"""

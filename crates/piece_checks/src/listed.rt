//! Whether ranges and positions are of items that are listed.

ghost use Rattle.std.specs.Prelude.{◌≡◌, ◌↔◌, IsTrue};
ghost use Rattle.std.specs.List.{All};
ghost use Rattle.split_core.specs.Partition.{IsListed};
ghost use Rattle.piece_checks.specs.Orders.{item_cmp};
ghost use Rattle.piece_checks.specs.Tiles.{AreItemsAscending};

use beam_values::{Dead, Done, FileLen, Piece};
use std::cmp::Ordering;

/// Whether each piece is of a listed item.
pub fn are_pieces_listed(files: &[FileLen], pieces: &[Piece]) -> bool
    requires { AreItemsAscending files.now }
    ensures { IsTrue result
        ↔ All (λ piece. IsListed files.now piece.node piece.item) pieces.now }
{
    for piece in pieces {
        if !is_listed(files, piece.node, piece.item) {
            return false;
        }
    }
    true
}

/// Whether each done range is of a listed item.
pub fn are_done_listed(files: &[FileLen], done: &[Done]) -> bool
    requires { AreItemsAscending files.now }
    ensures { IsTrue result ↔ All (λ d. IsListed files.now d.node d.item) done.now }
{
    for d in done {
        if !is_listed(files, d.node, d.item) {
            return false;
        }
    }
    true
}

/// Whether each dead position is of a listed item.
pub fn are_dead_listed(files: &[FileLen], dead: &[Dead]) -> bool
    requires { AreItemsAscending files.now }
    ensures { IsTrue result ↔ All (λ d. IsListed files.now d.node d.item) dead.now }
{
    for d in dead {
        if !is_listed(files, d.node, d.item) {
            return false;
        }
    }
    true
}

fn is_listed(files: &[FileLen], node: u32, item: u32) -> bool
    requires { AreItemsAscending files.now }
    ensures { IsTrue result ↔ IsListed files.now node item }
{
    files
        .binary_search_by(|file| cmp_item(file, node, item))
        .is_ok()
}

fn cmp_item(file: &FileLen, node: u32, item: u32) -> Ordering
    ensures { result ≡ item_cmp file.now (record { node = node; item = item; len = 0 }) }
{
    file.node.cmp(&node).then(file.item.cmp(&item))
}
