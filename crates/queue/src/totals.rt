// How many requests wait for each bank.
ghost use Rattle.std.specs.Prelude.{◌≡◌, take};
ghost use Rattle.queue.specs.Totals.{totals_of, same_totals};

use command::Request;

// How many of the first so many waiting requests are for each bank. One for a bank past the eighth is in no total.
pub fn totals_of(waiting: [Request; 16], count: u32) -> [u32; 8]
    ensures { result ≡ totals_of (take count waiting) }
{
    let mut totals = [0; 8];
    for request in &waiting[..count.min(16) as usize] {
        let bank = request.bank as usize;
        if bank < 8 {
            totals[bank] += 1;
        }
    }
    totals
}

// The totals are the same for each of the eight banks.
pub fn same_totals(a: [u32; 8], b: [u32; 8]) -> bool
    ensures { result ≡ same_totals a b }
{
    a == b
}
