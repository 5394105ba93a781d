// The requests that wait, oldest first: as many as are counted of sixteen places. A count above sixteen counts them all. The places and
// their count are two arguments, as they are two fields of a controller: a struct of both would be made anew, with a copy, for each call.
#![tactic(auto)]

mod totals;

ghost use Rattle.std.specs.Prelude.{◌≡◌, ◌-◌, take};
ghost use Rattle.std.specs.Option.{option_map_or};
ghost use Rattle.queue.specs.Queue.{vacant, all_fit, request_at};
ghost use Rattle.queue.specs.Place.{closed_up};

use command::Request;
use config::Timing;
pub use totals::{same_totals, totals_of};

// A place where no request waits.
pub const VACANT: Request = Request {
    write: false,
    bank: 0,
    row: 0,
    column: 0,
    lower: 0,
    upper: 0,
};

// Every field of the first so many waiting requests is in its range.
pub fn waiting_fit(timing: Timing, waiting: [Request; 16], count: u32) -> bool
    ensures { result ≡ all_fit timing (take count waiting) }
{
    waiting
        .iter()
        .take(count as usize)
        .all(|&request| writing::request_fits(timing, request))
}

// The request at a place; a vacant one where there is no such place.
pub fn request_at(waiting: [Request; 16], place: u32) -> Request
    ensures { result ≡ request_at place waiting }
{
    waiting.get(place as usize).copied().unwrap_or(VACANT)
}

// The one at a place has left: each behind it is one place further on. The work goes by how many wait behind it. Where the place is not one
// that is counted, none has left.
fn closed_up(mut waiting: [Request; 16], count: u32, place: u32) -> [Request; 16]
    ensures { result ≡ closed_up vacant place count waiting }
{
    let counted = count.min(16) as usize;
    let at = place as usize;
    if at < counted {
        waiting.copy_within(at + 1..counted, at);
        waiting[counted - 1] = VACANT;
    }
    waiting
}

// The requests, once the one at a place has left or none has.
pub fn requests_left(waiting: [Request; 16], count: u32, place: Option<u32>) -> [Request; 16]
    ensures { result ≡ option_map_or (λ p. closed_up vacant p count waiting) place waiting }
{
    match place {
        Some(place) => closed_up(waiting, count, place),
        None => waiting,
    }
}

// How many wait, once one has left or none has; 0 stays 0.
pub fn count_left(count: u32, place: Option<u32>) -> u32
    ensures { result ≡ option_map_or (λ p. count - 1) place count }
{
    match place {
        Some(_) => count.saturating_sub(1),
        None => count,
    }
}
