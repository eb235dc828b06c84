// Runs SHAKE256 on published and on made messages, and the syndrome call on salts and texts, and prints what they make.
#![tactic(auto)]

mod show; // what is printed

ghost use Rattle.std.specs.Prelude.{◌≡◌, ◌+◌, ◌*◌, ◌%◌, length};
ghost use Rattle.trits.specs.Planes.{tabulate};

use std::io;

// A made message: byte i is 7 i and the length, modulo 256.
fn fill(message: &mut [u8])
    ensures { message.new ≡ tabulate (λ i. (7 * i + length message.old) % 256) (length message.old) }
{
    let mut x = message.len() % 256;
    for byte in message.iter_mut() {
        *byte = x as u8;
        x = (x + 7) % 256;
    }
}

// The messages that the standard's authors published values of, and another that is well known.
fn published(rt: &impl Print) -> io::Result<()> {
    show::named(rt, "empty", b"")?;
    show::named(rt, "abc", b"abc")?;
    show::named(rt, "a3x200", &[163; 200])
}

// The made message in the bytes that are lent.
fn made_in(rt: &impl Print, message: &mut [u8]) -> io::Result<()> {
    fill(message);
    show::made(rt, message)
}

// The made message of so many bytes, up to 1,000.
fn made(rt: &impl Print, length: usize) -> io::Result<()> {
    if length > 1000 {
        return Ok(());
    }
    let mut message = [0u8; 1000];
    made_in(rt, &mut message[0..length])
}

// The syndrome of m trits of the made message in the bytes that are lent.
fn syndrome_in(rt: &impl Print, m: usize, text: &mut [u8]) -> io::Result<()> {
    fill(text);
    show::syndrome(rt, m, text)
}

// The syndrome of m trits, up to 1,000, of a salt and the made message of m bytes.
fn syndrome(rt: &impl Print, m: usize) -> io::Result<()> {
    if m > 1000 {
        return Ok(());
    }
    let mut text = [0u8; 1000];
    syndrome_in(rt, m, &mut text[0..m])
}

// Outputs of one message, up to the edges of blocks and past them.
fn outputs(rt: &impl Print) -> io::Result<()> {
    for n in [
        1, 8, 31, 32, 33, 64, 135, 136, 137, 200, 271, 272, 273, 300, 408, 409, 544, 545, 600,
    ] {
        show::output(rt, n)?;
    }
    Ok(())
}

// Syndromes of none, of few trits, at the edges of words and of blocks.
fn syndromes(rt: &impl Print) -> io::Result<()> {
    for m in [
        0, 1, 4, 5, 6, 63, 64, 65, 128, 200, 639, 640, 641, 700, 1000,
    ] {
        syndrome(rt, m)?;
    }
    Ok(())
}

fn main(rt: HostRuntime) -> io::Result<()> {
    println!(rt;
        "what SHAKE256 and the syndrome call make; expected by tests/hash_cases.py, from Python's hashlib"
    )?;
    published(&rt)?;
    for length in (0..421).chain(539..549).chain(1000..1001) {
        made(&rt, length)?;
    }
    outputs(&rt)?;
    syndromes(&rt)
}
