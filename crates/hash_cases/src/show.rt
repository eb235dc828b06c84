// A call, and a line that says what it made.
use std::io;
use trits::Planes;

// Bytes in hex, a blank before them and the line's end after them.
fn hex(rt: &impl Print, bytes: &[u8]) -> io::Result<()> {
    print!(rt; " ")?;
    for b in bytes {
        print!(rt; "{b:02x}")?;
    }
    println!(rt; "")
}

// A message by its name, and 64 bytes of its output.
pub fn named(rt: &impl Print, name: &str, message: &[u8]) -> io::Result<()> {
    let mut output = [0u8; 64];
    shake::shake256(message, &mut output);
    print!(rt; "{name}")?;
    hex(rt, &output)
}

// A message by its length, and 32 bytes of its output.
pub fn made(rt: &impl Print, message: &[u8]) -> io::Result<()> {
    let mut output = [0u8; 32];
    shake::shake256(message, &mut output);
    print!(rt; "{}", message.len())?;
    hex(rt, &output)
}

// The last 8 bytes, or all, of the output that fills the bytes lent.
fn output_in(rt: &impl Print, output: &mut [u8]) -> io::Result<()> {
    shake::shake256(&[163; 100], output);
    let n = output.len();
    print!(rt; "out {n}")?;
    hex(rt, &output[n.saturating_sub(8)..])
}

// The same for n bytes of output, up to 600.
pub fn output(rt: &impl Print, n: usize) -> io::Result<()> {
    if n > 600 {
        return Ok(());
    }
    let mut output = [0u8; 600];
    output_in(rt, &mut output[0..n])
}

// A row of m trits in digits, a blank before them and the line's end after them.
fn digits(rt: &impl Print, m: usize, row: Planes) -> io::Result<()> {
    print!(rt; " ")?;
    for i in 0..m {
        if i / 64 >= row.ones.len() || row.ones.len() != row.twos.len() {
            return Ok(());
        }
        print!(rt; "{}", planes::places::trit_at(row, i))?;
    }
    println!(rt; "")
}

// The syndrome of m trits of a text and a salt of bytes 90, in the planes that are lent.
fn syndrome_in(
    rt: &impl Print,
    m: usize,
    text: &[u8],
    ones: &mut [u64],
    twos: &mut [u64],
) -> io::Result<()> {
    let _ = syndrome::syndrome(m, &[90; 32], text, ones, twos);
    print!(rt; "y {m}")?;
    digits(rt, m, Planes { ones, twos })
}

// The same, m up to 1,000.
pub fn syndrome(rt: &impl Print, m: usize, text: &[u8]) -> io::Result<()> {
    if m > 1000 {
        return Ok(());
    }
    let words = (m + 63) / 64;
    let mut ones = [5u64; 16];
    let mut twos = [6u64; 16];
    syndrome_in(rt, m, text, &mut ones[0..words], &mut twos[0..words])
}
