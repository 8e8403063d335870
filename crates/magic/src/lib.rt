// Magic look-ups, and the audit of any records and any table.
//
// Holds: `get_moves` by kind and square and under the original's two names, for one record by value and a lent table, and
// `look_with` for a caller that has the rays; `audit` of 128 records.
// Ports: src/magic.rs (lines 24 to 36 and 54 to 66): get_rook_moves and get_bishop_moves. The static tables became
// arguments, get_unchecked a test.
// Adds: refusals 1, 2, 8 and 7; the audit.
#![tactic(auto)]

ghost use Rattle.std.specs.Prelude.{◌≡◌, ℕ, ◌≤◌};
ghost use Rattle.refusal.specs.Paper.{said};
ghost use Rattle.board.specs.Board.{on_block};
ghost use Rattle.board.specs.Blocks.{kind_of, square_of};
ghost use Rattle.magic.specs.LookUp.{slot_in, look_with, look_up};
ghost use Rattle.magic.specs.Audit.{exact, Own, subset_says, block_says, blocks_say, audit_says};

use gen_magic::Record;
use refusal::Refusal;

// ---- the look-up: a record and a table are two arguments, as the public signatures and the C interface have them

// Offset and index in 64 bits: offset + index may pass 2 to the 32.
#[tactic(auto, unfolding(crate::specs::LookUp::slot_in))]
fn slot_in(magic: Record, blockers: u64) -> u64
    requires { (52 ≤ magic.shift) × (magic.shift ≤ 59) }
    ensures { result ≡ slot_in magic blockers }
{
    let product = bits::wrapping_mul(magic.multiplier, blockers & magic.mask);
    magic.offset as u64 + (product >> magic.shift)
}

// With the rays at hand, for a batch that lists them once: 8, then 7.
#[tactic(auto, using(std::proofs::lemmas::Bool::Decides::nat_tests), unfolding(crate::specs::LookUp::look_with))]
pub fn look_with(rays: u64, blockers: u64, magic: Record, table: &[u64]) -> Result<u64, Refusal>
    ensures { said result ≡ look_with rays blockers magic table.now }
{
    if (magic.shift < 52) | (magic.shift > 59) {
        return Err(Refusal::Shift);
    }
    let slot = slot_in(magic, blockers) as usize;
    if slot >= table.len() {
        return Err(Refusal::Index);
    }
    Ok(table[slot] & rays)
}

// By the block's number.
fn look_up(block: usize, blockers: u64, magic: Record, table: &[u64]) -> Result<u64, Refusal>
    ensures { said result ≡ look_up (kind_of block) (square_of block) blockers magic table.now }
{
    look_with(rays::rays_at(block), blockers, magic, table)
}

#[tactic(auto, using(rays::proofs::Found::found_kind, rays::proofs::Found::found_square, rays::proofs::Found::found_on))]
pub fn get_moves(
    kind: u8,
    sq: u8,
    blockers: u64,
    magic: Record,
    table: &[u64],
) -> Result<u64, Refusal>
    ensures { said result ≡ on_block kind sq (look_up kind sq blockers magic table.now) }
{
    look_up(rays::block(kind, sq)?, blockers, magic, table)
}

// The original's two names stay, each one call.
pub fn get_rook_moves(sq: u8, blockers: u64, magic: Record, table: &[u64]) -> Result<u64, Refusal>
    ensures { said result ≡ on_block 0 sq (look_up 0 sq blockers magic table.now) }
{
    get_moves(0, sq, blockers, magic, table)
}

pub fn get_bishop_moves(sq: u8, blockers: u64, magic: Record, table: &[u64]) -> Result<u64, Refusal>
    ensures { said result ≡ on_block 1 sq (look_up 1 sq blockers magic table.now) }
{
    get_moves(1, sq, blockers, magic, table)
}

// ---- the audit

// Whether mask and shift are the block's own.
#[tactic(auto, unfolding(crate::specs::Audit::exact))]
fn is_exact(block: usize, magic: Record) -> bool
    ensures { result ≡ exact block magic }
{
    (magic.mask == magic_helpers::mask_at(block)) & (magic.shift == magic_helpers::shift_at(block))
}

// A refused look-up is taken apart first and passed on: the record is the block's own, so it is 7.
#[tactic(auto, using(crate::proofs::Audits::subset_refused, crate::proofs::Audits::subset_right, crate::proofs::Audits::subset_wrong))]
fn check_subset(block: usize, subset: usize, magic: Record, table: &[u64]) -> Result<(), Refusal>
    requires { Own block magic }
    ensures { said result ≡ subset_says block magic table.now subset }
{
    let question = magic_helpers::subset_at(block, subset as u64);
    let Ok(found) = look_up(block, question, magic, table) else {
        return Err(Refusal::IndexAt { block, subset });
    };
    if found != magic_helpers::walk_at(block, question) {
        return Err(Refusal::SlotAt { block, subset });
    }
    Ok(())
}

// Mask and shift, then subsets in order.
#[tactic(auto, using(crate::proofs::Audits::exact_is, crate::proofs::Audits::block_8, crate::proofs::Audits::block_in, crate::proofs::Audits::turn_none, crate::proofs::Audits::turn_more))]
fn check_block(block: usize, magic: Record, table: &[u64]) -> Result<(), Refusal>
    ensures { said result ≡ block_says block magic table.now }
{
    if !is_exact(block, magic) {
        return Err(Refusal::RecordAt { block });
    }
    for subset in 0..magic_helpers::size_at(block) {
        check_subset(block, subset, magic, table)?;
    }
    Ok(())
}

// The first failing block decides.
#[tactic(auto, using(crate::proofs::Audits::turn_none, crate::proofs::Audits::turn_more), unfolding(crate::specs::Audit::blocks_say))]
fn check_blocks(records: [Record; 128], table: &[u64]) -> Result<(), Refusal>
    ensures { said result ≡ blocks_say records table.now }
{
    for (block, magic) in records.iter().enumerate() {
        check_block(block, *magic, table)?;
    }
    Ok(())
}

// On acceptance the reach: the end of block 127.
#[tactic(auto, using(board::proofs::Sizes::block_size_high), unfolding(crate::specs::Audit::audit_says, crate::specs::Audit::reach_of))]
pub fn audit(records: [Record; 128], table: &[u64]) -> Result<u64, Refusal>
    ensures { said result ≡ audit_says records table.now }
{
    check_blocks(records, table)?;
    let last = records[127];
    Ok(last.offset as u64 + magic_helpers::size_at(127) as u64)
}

"""

An exact copy of the lines above between the line holding "fn main(rt: HostRuntime)" and the line holding "output, up to 600.", inclusive, is the whole answer.

* **Solution**
fn main(rt: HostRuntime) -> io::Result<()> {
    println!(rt;
        "what SHAKE256 and the syndrome call make; expected by tests/hash_cases.py, from Python's hashlib"
    )?;
    published(&rt)?;
    for length in (0..421).chain(539..549).chain(1000..1001) {
        made(&rt, length)?;
    }
    outputs(&rt)?;
    syndromes(&rt)
}
filename crates/hash_cases/src/show.rt
repository eb235dc828b06c84
// A call, and a line that says what it made.
use std::io;
use trits::Planes;

// Bytes in hex, a blank before them and the line's end after them.
fn hex(rt: &impl Print, bytes: &[u8]) -> io::Result<()> {
    print!(rt; " ")?;
    for b in bytes {
        print!(rt; "{b:02x}")?;
    }
    println!(rt; "")
}

// A message by its name, and 64 bytes of its output.
pub fn named(rt: &impl Print, name: &str, message: &[u8]) -> io::Result<()> {
    let mut output = [0u8; 64];
    shake::shake256(message, &mut output);
    print!(rt; "{name}")?;
    hex(rt, &output)
}

// A message by its length, and 32 bytes of its output.
pub fn made(rt: &impl Print, message: &[u8]) -> io::Result<()> {
    let mut output = [0u8; 32];
    shake::shake256(message, &mut output);
    print!(rt; "{}", message.len())?;
    hex(rt, &output)
}

// The last 8 bytes, or all, of the output that fills the bytes lent.
fn output_in(rt: &impl Print, output: &mut [u8]) -> io::Result<()> {
    shake::shake256(&[163; 100], output);
    let n = output.len();
    print!(rt; "out {n}")?;
    hex(rt, &output[n.saturating_sub(8)..])
}

// The same for n bytes of output, up to 600.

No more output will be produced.